Plaintiff's final allegation is that the Contract was unconscionable because it was one-sided and its terms were unreasonably favorable to Defendants. Specifically, Defendants were to receive twenty percent of the refund for performing absolutely no work at all. Procedural unconscionability encompasses "not only the employment of sharp practices and the use of fine print and convoluted language, but a lack of understanding and an inequality of bargaining power." 1 Farnsworth § 4.28, at 506-507 (footnotes omitted). As set forth above, Plaintiff signed the Contract after six weeks of review, and after requesting and receiving additional documents from Defendants. Plaintiff also signed the Contract knowing and agreeing that Defendants would be entitled to twenty percent of any refund received. As such, procedural unconscionability is not present here. Substantive unconscionability is not present either. As set forth in Uncontested Facts I. and J., Defendants did indeed perform work under the Contract and on behalf of PREPA by completing and submitting the refund claim to DOE. Plaintiff in turn received a refund from the DOE. Therefore, it does not appear that the Contract's terms were unreasonably favorable to Defendants.
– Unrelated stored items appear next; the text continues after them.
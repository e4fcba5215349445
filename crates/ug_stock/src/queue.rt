ghost use Rattle.std.specs.Prelude.{◌≡◌, ◌≤◌, ◌<◌, ◌+◌, [], ◌∷◌, ◌++◌, length, max, MatchOption, OnOk, OnErr, IsOk, IsNone, IfSome};
ghost use Rattle.std.specs.VecDeque.{deque_len, deque_capacity};
ghost use Rattle.ug_stock.specs.Queues.{IsPushed, IsTold};

use std::alloc::{AllocError, Global};
use std::collections::VecDeque;
use std::marker::Model;
use ug_rules::Told;

/// Orders for ranks, the earliest first.
#[derive(Drop)]
pub struct Queue {
    orders: VecDeque<Told>,
    spare: usize,
}

impl Model for Queue {
    ghost use Rattle.std.specs.Prelude.{◌+◌, ◌≤◌};
    ghost use Rattle.std.specs.VecDeque.{deque_len, deque_capacity};
    ghost use Rattle.ug_stock.specs.Queues.{Queued};

    ghost Value = { Queued };

    ghost view = { λ queue. record { orders = queue.orders.items; spare = queue.spare } };

    ghost invariant = { λ queue. deque_len queue.orders + queue.spare ≤ deque_capacity queue.orders };
}

impl Queue {
    /// No order. It takes no memory.
    pub fn new(alloc: Global) -> Queue
        ensures { result ≡ record { orders = []; spare = 0 } }
    {
        Queue {
            orders: VecDeque::new(alloc),
            spare: 0,
        }
    }

    /// How many more orders may be queued without memory.
    pub fn spare(&self) -> usize
        ensures { result ≡ self.now.spare }
    {
        self.spare
    }

    /// Takes memory for `n` orders more, if there is less to spare.
    pub fn reserve(&mut self, n: usize) -> Result<(), AllocError>
        ensures ok { OnOk result (self.new ≡ record self.old { spare = max self.old.spare n }) }
        ensures err { OnErr result (self.new ≡ self.old) }
        ensures enough { n ≤ self.old.spare → IsOk result }
    {
        self.orders.reserve(n)?;
        self.spare = self.spare.max(n);
        Ok(())
    }

    /// Queues an order behind the others, in a spare place.
    pub fn push(&mut self, told: Told)
        requires { 0 < self.old.spare }
        ensures { IsPushed told self.old self.new }
    {
        put_last(&mut self.orders, told);
        self.spare -= 1;
    }

    /// The earliest order, which leaves, and its place is spare.
    pub fn next(&mut self) -> Option<Told>
        ensures { MatchOption result
            ((self.old.orders ≡ []) × (self.new ≡ self.old))
            (IsTold self.old self.new) }
    {
        match take_first(&mut self.orders) {
            Some(told) => {
                self.spare += 1;
                Some(told)
            }
            None => None,
        }
    }
}

// Puts an order behind the others, where there is room.
fn put_last(orders: &mut VecDeque<Told>, told: Told)
    requires room { deque_len orders.old < deque_capacity orders.old }
    ensures items { orders.new.items ≡ orders.old.items ++ told ∷ [] }
    ensures len { deque_len orders.new ≡ deque_len orders.old + 1 }
    ensures capacity { deque_capacity orders.old ≤ deque_capacity orders.new }
{
    let _ = orders.push_back(told);
}

fn take_first(orders: &mut VecDeque<Told>) -> Option<Told>
    ensures none { IsNone result → (orders.old.items ≡ []) × (orders.new.items ≡ []) }
    ensures some { IfSome result (λ told. orders.old.items ≡ told ∷ orders.new.items) }
    ensures len { IfSome result (λ _. deque_len orders.new + 1 ≡ deque_len orders.old) }
    ensures capacity { deque_capacity orders.new ≡ deque_capacity orders.old }
{
    orders.pop_front()
}
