ghost use Rattle.std.specs.Prelude.{◌≡◌, ◌↔◌, ◌<◌, ◌≤◌, IsTrue, OnOk, OnErr, length};
ghost use Rattle.ug_rules.specs.State.{BookState};
ghost use Rattle.ug_rules.specs.Deciding.{IsCollected, collected};
ghost use Rattle.ug_stock.specs.Books.{AreAtWork, CanBeTold, StayAtWork, with_told};
ghost use Rattle.ug_stock.specs.Frontiers.{HasRoom, with_frontier};

use crate::asking::{ask, ask_no_more};
use crate::frontier::Frontier;
use crate::members::members_of;
use crate::queue::Queue;
use crate::wanting::wanted;
use std::alloc::{AllocError, Global};
use ug_pool::OpenNodes;
use ug_ranks::Ranks;
use ug_rules::Wanted;

impl Frontier {
    /// Asks one active rank for open nodes if the pool has fewer than `low`: as many as bring it to
    /// `high`. If it has `high`, queues a CollectOut for the ranks that were asked. After an error
    /// nothing has changed.
    pub fn collect(&mut self, alloc: Global, low: u32, high: u32) -> Result<(), AllocError>
        requires marks { low ≤ high }
        requires room { HasRoom self.old }
        ensures ok { OnOk result ((b : BookState) → b.settings.low ≡ low → b.settings.high ≡ high
            → IsCollected (with_frontier b self.old) (with_frontier b self.new)) }
        ensures err { OnErr result (self.new ≡ self.old) }
        ensures room { HasRoom self.new }
    {
        let len = self.pool.len() as u64;
        if is_between(len, low, high) {
            return Ok(());
        }
        let members = members_of(alloc, &self.ranks)?;
        let demand = wanted(
            alloc,
            len,
            u64::from(low),
            u64::from(high),
            members.as_slice(),
        )?;
        tell(&mut self.ranks, &mut self.orders, demand, members.len())
    }
}

// Is the number of nodes at least the low watermark and below the high one, so that nothing is to
// do?
fn is_between(len: u64, low: u32, high: u32) -> bool
    ensures { IsTrue result ↔ ((low ≤ len) × (len < high)) }
{
    u64::from(low) <= len && len < u64::from(high)
}

// Queues the orders of a demand, with `working` active ranks.
fn tell(
    ranks: &mut Ranks,
    orders: &mut Queue,
    demand: Wanted,
    working: usize,
) -> Result<(), AllocError>
    requires told { CanBeTold (length ranks.old) demand }
    requires working { AreAtWork working ranks.old orders.old }
    ensures ok { OnOk result ((b : BookState) → with_told b ranks.new orders.new.orders
        ≡ collected demand (with_told b ranks.old orders.old.orders)) }
    ensures ranks { OnErr result (ranks.new ≡ ranks.old) }
    ensures orders { OnErr result (orders.new ≡ orders.old) }
    ensures working { StayAtWork ranks.old ranks.new orders.new }
{
    // A place for each order, and for the Stop of each active rank.
    match demand {
        Wanted::Nothing => {}
        Wanted::Ask { rank, count } => {
            orders.reserve(working + 1)?;
            ask(ranks, orders, rank, count as u32);
        }
        Wanted::Enough(told) => {
            orders.reserve(working + told.len())?;
            ask_no_more(ranks, orders, told.as_slice());
        }
    }
    Ok(())
}
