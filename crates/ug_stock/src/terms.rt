ghost use Rattle.std.specs.Prelude.{◌≡◌};
ghost use Rattle.ug_stock.specs.Telling.{ticket_under};

use ug_branch::Base;
use ug_nodes::Ticket;

/// The terms of an assignment.
#[derive(Clone, Copy)]
pub struct Terms {
    pub run: u64,
    /// Whether all ranks begin with the root.
    pub racing: bool,
    /// The base of all work outside a race.
    pub base: Base,
    /// The incumbent's cutoff.
    pub cutoff: Option<i128>,
}

impl Terms {
    /// The ticket of this number.
    pub fn ticket(self, number: u64) -> Ticket
        ensures { result ≡ ticket_under self number }
    {
        Ticket {
            run: self.run,
            number,
        }
    }
}

/// Memory ran out; this number of steps stands.
#[derive(Clone, Copy, PartialEq, Eq)]
pub struct Stopped {
    pub steps: u64,
}
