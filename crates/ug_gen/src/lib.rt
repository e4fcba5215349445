//! Makes instances to try a solver on: knapsacks of three rows with few columns, from a seed.
//! It depends on ug_problem.
//! `make` gives the instance that specs/ states of its seed and its size, or wants memory.
//! The draws are a sequence of remainders; which of them is which number is a rule on its place.
//! The same seed and size give the same problem on every machine.
#![tactic(auto)]

mod draws;
mod making;
mod parts;

pub use making::make;
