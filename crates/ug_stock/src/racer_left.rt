ghost use Rattle.std.specs.Prelude.{◌≢◌, ◌↔◌, [], IsTrue};
ghost use Rattle.ug_rules.specs.Ranks.{ranks_that};
ghost use Rattle.ug_ranks.specs.Looks.{is_racing};

use ug_ranks::Ranks;

/// Whether some rank races.
pub fn has_racer(ranks: &Ranks) -> bool
    ensures { IsTrue result ↔ (ranks_that is_racing ranks.now ≢ []) }
{
    for state in ranks.as_slice() {
        if state.is_racing() {
            return true;
        }
    }
    false
}
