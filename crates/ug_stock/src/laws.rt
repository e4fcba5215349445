ghost use Rattle.ug_stock.specs.Hands.{NextIsNextHand, RefusedIsDue};

/// The answers are those that are due, and a hand that is to be taken is one that is kept.
pub fn hands_are_due()
    ensures refused { RefusedIsDue }
    ensures next { NextIsNextHand }
{}
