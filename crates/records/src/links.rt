// The six links of a record, worked on together: six rows of neighbour, face and orientation.
ghost use Rattle.std.specs.Prelude.{◌≡◌, ◌+◌, ◌*◌, ◌≤◌, ◌<◌, length, get_or, set};
ghost use Rattle.encoding.specs.Numbers.{put_u32};
ghost use Rattle.encoding.specs.Pieces.{piece, splice};
ghost use Rattle.records.specs.Record.{core_size};
ghost use Rattle.records.specs.Links.{row_of, rows_of, with_rows, Rows};

use crate::read::{code_of, neighbour_of};

fn row(bs: &[u8], at: usize, face: u32, faces: u32) -> [u32; 3]
    requires { (at + core_size ≤ length bs.now) × ((face < 6) × (0 < faces)) }
    ensures { result ≡ row_of (piece bs.now at core_size) faces face }
{
    let code = code_of(bs, at, face);
    [neighbour_of(bs, at, face), code % faces, code / faces]
}

// The links of the record at byte `at`, by a number of faces F. Six calls and no loop: the rows stay in registers.
pub fn rows_of(bs: &[u8], at: usize, faces: u32) -> [[u32; 3]; 6]
    requires { (at + core_size ≤ length bs.now) × (0 < faces) }
    ensures { result ≡ rows_of (piece bs.now at core_size) faces }
{
    [
        row(bs, at, 0, faces),
        row(bs, at, 1, faces),
        row(bs, at, 2, faces),
        row(bs, at, 3, faces),
        row(bs, at, 4, faces),
        row(bs, at, 5, faces),
    ]
}

fn put_row(bs: &mut [u8], at: usize, face: u32, row: [u32; 3], faces: u32)
    requires { (at + core_size ≤ length bs.old) × ((face < 6) × (get_or row 2 0 * faces + get_or row 1 0 < 256)) }
    ensures { bs.new ≡ set (put_u32 bs.old (at + (8 + 4 * face)) (get_or row 0 0)) (at + (32 + face)) (get_or row 2 0 * faces + get_or row 1 0) }
{
    encoding::bytes::write_u32(&mut *bs, at + (8 + 4 * (face as usize)), row[0]);
    bs[at + (32 + (face as usize))] = (row[2] * faces + row[1]) as u8;
}

// Writes the links into the record at byte `at`. Its other bytes stay.
pub fn put_rows(bs: &mut [u8], at: usize, rows: [[u32; 3]; 6], faces: u32)
    requires { (at + core_size ≤ length bs.old) × Rows rows faces }
    ensures { bs.new ≡ splice bs.old at (with_rows rows faces (piece bs.old at core_size)) }
{
    for face in 0..6 {
        put_row(&mut *bs, at, face, rows[face as usize], faces);
    }
}
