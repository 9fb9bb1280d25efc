// The fields of a record, read in place from byte `at` of the lent bytes.
ghost use Rattle.std.specs.Prelude.{◌≡◌, ◌+◌, ◌≤◌, ◌<◌, length};
ghost use Rattle.encoding.specs.Pieces.{piece};
ghost use Rattle.records.specs.Record.{core_size, number_of, shape_of, neighbour_of, code_of, faces_of, face_of, orientation_of, region_of};

use crate::shape::{dimension_of, faces_in};

pub fn number_of(bs: &[u8], at: usize) -> u32
    requires { at + core_size ≤ length bs.now }
    ensures { result ≡ number_of (piece bs.now at core_size) }
{
    encoding::bytes::read_u32(bs, at)
}

pub fn shape_of(bs: &[u8], at: usize) -> u32
    requires { at + core_size ≤ length bs.now }
    ensures { result ≡ shape_of (piece bs.now at core_size) }
{
    u32::from(bs[at + 4])
}

pub fn neighbour_of(bs: &[u8], at: usize, face: u32) -> u32
    requires { (at + core_size ≤ length bs.now) × (face < 6) }
    ensures { result ≡ neighbour_of (piece bs.now at core_size) face }
{
    encoding::bytes::read_u32(bs, at + (8 + 4 * (face as usize)))
}

pub fn code_of(bs: &[u8], at: usize, face: u32) -> u32
    requires { (at + core_size ≤ length bs.now) × (face < 6) }
    ensures { result ≡ code_of (piece bs.now at core_size) face }
{
    u32::from(bs[at + (32 + (face as usize))])
}

// F by the record's own shape.
pub fn faces_of(bs: &[u8], at: usize) -> u32
    requires { at + core_size ≤ length bs.now }
    ensures { (result ≡ faces_of (piece bs.now at core_size)) × ((0 < result) × (result ≤ 6)) }
{
    faces_in(dimension_of(shape_of(bs, at)))
}

// F is 4 or 6: a division by a constant is several times faster than one by F.
pub fn face_of(bs: &[u8], at: usize, face: u32) -> u32
    requires { (at + core_size ≤ length bs.now) × (face < 6) }
    ensures { (result ≡ face_of (piece bs.now at core_size) face) × (result < 6) }
{
    let code = code_of(bs, at, face);
    if faces_of(bs, at) == 4 {
        return code % 4;
    }
    code % 6
}

pub fn orientation_of(bs: &[u8], at: usize, face: u32) -> u32
    requires { (at + core_size ≤ length bs.now) × (face < 6) }
    ensures { result ≡ orientation_of (piece bs.now at core_size) face }
{
    let code = code_of(bs, at, face);
    if faces_of(bs, at) == 4 {
        return code / 4;
    }
    code / 6
}

// The region number, 0 for none.
pub fn region_of(bs: &[u8], at: usize) -> u32
    requires { at + core_size ≤ length bs.now }
    ensures { result ≡ region_of (piece bs.now at core_size) }
{
    u32::from(bs[at + 38]) + 256 * u32::from(bs[at + 39])
}
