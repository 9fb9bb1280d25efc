// The two indices of a tree. A local index never stands where a global number is due.
ghost use Rattle.std.specs.Prelude.{◌≡◌, ◌+◌, ◌≤◌, ◌<◌, ◌^◌};

// The number of a tree in the whole mesh.
#[derive(Clone, Copy, Debug, PartialEq, Eq, PartialOrd, Ord)]
pub struct GlobalIndex(pub u32);

// The place of a tree or a ghost in a part: trees first, then ghosts.
#[derive(Clone, Copy, Debug, PartialEq, Eq, PartialOrd, Ord)]
pub struct LocalIndex(pub u32);

// The local index of a local tree, by subtraction of the part's first tree.
pub fn to_local(g: GlobalIndex, first: GlobalIndex) -> LocalIndex
    requires { first.0 ≤ g.0 }
    ensures { result.0 + first.0 ≡ g.0 }
{
    LocalIndex(g.0 - first.0)
}

// The local index of the ghost at a position, in a part with so many trees.
pub fn ghost_index(trees: u32, position: u32) -> LocalIndex
    requires { trees + position < 2 ^ 32 }
    ensures { result.0 ≡ trees + position }
{
    LocalIndex(trees + position)
}
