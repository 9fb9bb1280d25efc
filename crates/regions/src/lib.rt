// How many trees of a part each region has.
#![tactic(auto)]

ghost use Rattle.std.specs.Prelude.{◌≡◌};
ghost use Rattle.encoding.specs.Refusals.{refusal_of};
ghost use Rattle.regions.specs.Calls.{region_counts_of};

use encoding::refusal::Refusal;

mod count;

// Write how many local trees of the part have each region (2, 3, 5, 8, 22): 4,096 numbers by ascending region.
pub fn region_counts(part: &[u8], table: &[u8], rank: u32, out: &mut [u32]) -> Result<(), Refusal>
    ensures { (refusal_of result, out.new) ≡ region_counts_of part.now table.now rank out.old }
{
    part_check::check_part(part, table, rank)?;
    if out.len() < 4096 {
        return Err(Refusal::Buffer);
    }
    count::count_trees(part, &mut *out);
    Ok(())
}
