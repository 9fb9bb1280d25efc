// The trees of each region, counted in one pass.
ghost use Rattle.std.specs.Prelude.{◌≡◌};
ghost use Rattle.encoding.specs.Pieces.{splice};
ghost use Rattle.regions.specs.Counts.{region_counts};
ghost use Rattle.regions.specs.Means.{Countable};

use records::index::LocalIndex;

// Writes the counts of a part whose trees are in form.
pub fn count_trees(part: &[u8], out: &mut [u32])
    requires { Countable part.now out.old }
    ensures { out.new ≡ splice out.old 0 (region_counts part.now) }
{
    out[..4096].fill(0);
    let n = part::layout::tree_count(part);
    for i in 0..n {
        let region = records::read::region_of(part, part::layout::tree_at(LocalIndex(i)));
        out[region as usize] += 1;
    }
}
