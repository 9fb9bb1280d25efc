// Records: shapes, fields, form and links. A record's 40 core bytes are read in place, from byte `at` of the lent bytes.
#![tactic(auto)]

pub mod form;
pub mod index;
pub mod links;
pub mod read;
pub mod shape;

ghost use Rattle.std.specs.Prelude.{◌≡◌};
ghost use Rattle.records.specs.Shape.{corners as corners_at};

// The corners of a face, 0 for any other shape or face (no refusal). A solid is a polygon of `base` corners, drawn out to a second one or to a point.
pub fn corners(shape: u32, face: u32) -> u32
    ensures { result ≡ corners_at shape face }
{
    if 5 < shape {
        return 0;
    }
    if shape <= 1 {
        if face < 4 - shape {
            return 2;
        }
        return 0;
    }
    let base = 3 + shape % 3 / 2;
    let point = shape % 2;
    if face < base {
        return 4 - point;
    }
    if face < base + (2 - point) {
        return base;
    }
    0
}
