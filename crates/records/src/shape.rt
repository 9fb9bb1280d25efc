// Shapes, their dimensions, faces and corners.
ghost use Rattle.std.specs.Prelude.{◌≡◌, ◌≤◌, ◌<◌};
ghost use Rattle.records.specs.Shape.{shape_ok, dimension_of, face_count, faces_in};

pub fn shape_ok(shape: u32) -> bool
    ensures { result ≡ shape_ok shape }
{
    shape <= 5
}

pub fn dimension_of(shape: u32) -> u32
    ensures { result ≡ dimension_of shape }
{
    match shape {
        0..=1 => 2,
        2..=5 => 3,
        _ => 0,
    }
}

pub fn face_count(shape: u32) -> u32
    ensures { (result ≡ face_count shape) × (result ≤ 6) }
{
    match shape {
        0 => 4,
        1 => 3,
        2 => 6,
        3 => 4,
        4 | 5 => 5,
        _ => 0,
    }
}

// F of a dimension.
pub fn faces_in(dimension: u32) -> u32
    ensures { (result ≡ faces_in dimension) × ((0 < result) × (result ≤ 6)) }
{
    if dimension == 2 { 4 } else { 6 }
}
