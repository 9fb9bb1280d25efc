// Whether a record is in form.
ghost use Rattle.std.specs.Prelude.{◌≡◌, ◌+◌, ◌≤◌, ◌<◌, length};
ghost use Rattle.encoding.specs.Below.{all_below, any_below};
ghost use Rattle.encoding.specs.Pieces.{piece};
ghost use Rattle.records.specs.Record.{core_size, zeros_ok, region_ok, unused_ok, boundary_ok, in_form};
ghost use Rattle.records.specs.Means.{face_form, unused_from, leads_to, alike_form, plain_form};

use crate::read::{code_of, face_of, neighbour_of, number_of, orientation_of, region_of, shape_of};
use crate::shape::{face_count, shape_ok};

// The neighbour of a face without use.
pub const UNUSED: u32 = 4294967295;

// Regions are the numbers below this one.
pub const REGIONS: u32 = 4096;

// Whether the zero bytes are zero.
pub fn zeros_ok(bs: &[u8], at: usize) -> bool
    requires { at + core_size ≤ length bs.now }
    ensures { result ≡ zeros_ok (piece bs.now at core_size) }
{
    (bs[at + 5] == 0) & (bs[at + 6] == 0) & (bs[at + 7] == 0)
}

// Whether the region is within its limit.
pub fn region_ok(bs: &[u8], at: usize) -> bool
    requires { at + core_size ≤ length bs.now }
    ensures { result ≡ region_ok (piece bs.now at core_size) }
{
    region_of(bs, at) < REGIONS
}

// Whether a face that the shape has is no boundary, or one with orientation 0.
pub fn boundary_ok(bs: &[u8], at: usize, own: u32, face: u32) -> bool
    requires { (at + core_size ≤ length bs.now) × (face < 6) }
    ensures { result ≡ boundary_ok own (piece bs.now at core_size) face }
{
    if neighbour_of(bs, at, face) != own {
        return true;
    }
    if face_of(bs, at, face) != face {
        return true;
    }
    orientation_of(bs, at, face) == 0
}

// Whether a face that the shape doesn't have is marked so.
pub fn unused_ok(bs: &[u8], at: usize, face: u32) -> bool
    requires { (at + core_size ≤ length bs.now) × (face < 6) }
    ensures { result ≡ unused_ok (piece bs.now at core_size) face }
{
    (neighbour_of(bs, at, face) == UNUSED) & (code_of(bs, at, face) == 0)
}

fn face_ok(bs: &[u8], at: usize, own: u32, face: u32) -> bool
    requires { (at + core_size ≤ length bs.now) × (face < 6) }
    ensures { result ≡ face_form own (piece bs.now at core_size) face }
{
    if face < face_count(shape_of(bs, at)) {
        return boundary_ok(bs, at, own, face);
    }
    unused_ok(bs, at, face)
}

fn faces_ok(bs: &[u8], at: usize, own: u32) -> bool
    requires { at + core_size ≤ length bs.now }
    ensures { result ≡ all_below 6 (face_form own (piece bs.now at core_size)) }
{
    for face in 0..6 {
        if !face_ok(bs, at, own, face) {
            return false;
        }
    }
    true
}

// The faces that a shape with so many faces doesn't have.
pub fn unused_from(bs: &[u8], at: usize, faces: u32) -> bool
    requires { (at + core_size ≤ length bs.now) × (faces ≤ 6) }
    ensures { result ≡ all_below 6 (unused_from faces (piece bs.now at core_size)) }
{
    for face in faces..6 {
        if !unused_ok(bs, at, face) {
            return false;
        }
    }
    true
}

// Whether k is the neighbour of some face. The six are compared together, without a branch.
fn leads_to(bs: &[u8], at: usize, k: u32) -> bool
    requires { at + core_size ≤ length bs.now }
    ensures { result ≡ any_below 6 (leads_to k (piece bs.now at core_size)) }
{
    (neighbour_of(bs, at, 0) == k)
        | (neighbour_of(bs, at, 1) == k)
        | (neighbour_of(bs, at, 2) == k)
        | (neighbour_of(bs, at, 3) == k)
        | (neighbour_of(bs, at, 4) == k)
        | (neighbour_of(bs, at, 5) == k)
}

// A record with this shape, which has so many faces, and this number: in form but for its boundaries.
pub fn alike(bs: &[u8], at: usize, shape: u32, faces: u32, number: u32) -> bool
    requires { (at + core_size ≤ length bs.now) × (faces ≤ 6) }
    ensures { result ≡ alike_form shape faces number (piece bs.now at core_size) }
{
    (number_of(bs, at) == number)
        & (shape_of(bs, at) == shape)
        & zeros_ok(bs, at)
        & region_ok(bs, at)
        & unused_from(bs, at, faces)
}

// A hexahedron with this number, none of whose faces leads to itself: most records are such. It is in form.
pub fn plain(bs: &[u8], at: usize, own: u32) -> bool
    requires { at + core_size ≤ length bs.now }
    ensures { result ≡ plain_form own (piece bs.now at core_size) }
{
    alike(bs, at, 2, 6, own) & !leads_to(bs, at, own)
}

// Whether the record is in form. Only a face that leads to the record itself can be a boundary. Its own number is the local index in a part's tree records and the global number everywhere else.
pub fn in_form(bs: &[u8], at: usize, own: u32) -> bool
    requires { at + core_size ≤ length bs.now }
    ensures { result ≡ in_form own (piece bs.now at core_size) }
{
    if !(shape_ok(shape_of(bs, at)) & zeros_ok(bs, at) & region_ok(bs, at)) {
        return false;
    }
    if leads_to(bs, at, own) {
        return faces_ok(bs, at, own);
    }
    unused_from(bs, at, face_count(shape_of(bs, at)))
}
In light of these uncontested facts, and the fact that the Court has granted summary judgment as to the fraud claim, no further analysis is necessary to determine that summary judgment is appropriate for Plaintiff's unconscionability claim. The Court grants summary judgment as to this claim as well.

IV. CONCLUSION

For the reasons stated herein, the Court will enter judgment dismissing with prejudice Plaintiff's claims of lack of or illicit consideration, fraud, and unconscionability. Accordingly, the only claim which remains before this Court is Defendants' counterclaim for payment under the Contract.

IT IS SO ORDERED.

NOTES

[1] Plaintiff's complaint is hardly a model in clarity. Though Count I is titled and focuses on seeking a declaratory judgment from the Court due to lack of consideration, Plaintiff also draws from its other counts, namely its fraud and fraud in the inducement counts, to support its arguments. Consequently, the Court here evaluates whether summary judgment is appropriate for each of Plaintiff's claims.